> ACTION ITEM
Within the entries below, find every line that has the string "entry", then copy it.

[DATA SHOWN — start]

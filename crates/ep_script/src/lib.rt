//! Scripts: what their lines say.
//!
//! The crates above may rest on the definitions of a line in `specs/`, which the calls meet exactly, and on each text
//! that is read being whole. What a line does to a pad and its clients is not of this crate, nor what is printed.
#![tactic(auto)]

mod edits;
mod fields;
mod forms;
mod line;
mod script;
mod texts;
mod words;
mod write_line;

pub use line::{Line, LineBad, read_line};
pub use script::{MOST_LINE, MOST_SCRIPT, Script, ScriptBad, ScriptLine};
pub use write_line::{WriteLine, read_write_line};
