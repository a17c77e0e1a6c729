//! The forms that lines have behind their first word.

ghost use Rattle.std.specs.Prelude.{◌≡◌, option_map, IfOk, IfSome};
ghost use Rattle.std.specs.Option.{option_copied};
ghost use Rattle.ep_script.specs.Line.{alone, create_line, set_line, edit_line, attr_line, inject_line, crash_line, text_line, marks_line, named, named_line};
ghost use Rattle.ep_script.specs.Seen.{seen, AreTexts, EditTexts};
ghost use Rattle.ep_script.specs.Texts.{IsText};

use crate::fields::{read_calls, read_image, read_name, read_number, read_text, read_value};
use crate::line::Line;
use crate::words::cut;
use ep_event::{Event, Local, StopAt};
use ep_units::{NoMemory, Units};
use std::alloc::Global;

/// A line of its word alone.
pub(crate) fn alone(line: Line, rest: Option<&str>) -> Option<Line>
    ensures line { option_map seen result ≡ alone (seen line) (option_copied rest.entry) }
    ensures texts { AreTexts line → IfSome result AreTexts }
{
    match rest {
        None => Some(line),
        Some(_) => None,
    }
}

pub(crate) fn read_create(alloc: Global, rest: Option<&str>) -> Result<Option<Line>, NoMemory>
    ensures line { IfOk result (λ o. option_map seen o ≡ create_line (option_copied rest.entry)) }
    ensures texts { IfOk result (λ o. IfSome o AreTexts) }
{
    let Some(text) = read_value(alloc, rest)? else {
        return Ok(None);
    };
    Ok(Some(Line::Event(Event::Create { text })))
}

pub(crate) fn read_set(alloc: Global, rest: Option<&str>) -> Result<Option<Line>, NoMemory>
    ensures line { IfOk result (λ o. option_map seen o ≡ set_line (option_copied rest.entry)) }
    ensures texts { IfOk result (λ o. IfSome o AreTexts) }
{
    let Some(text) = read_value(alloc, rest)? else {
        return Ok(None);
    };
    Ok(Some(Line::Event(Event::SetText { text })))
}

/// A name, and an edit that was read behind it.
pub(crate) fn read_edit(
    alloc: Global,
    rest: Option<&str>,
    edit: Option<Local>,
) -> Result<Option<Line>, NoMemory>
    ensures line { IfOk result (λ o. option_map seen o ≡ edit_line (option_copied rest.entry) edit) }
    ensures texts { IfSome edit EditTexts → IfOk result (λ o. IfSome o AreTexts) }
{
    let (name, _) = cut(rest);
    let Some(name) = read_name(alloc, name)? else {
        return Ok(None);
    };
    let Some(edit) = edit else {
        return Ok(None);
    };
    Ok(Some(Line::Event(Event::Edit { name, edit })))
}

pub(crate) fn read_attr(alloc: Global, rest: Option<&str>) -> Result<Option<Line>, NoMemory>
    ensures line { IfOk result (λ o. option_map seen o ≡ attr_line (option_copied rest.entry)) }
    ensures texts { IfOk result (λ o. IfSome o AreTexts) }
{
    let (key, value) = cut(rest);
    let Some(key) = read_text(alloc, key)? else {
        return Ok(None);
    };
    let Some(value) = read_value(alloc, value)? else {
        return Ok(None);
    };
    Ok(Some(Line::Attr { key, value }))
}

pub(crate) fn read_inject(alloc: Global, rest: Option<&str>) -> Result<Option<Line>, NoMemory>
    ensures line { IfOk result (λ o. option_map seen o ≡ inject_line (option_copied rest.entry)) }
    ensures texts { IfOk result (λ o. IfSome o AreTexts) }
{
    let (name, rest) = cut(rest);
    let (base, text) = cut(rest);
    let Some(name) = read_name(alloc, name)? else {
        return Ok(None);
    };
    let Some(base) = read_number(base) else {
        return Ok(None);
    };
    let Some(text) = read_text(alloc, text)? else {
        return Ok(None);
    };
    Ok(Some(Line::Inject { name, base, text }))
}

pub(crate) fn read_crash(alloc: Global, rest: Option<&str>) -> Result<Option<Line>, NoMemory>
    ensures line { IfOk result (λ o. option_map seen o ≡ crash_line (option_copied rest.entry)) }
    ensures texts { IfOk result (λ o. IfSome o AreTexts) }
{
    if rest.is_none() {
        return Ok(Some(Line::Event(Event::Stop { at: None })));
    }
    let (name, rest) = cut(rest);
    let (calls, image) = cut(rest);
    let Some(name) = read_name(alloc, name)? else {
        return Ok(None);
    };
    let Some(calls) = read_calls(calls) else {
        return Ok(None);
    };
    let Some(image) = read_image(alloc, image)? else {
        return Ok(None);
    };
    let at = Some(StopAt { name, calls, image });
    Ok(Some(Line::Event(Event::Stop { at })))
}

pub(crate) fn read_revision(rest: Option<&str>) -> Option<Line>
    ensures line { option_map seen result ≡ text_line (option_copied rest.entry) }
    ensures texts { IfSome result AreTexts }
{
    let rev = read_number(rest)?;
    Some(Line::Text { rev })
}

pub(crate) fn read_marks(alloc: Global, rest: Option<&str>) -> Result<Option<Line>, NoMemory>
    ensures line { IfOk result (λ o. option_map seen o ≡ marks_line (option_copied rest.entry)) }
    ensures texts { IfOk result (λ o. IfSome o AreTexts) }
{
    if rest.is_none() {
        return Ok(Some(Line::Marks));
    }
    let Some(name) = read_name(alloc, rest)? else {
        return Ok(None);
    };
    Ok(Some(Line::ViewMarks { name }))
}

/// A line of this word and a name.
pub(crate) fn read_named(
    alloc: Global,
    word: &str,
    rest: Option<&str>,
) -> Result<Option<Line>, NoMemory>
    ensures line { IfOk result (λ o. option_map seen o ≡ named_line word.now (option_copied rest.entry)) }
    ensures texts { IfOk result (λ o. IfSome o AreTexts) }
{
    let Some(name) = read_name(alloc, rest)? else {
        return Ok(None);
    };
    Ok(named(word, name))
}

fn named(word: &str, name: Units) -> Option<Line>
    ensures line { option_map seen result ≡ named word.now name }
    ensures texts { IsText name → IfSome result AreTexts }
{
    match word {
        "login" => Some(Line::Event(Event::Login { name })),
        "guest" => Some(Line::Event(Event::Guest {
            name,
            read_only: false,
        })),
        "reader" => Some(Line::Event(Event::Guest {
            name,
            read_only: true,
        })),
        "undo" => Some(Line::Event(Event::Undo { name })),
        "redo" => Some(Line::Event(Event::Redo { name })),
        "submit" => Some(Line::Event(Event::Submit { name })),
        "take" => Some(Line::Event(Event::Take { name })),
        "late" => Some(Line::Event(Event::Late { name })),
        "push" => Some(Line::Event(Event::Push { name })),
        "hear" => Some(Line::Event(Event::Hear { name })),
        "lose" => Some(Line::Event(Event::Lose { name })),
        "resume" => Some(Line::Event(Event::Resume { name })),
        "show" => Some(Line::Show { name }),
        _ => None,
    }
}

[DATA SHOWN — finish]

> ANSWER FOR THIS EXERCISE
    ensures line { option_map seen result ≡ alone (seen line) (option_copied rest.entry) }
    ensures line { IfOk result (λ o. option_map seen o ≡ create_line (option_copied rest.entry)) }
    ensures line { IfOk result (λ o. option_map seen o ≡ set_line (option_copied rest.entry)) }
    ensures line { IfOk result (λ o. option_map seen o ≡ edit_line (option_copied rest.entry) edit) }
    ensures line { IfOk result (λ o. option_map seen o ≡ attr_line (option_copied rest.entry)) }
    ensures line { IfOk result (λ o. option_map seen o ≡ inject_line (option_copied rest.entry)) }
    ensures line { IfOk result (λ o. option_map seen o ≡ crash_line (option_copied rest.entry)) }
    ensures line { option_map seen result ≡ text_line (option_copied rest.entry) }
    ensures line { IfOk result (λ o. option_map seen o ≡ marks_line (option_copied rest.entry)) }
    ensures line { IfOk result (λ o. option_map seen o ≡ named_line word.now (option_copied rest.entry)) }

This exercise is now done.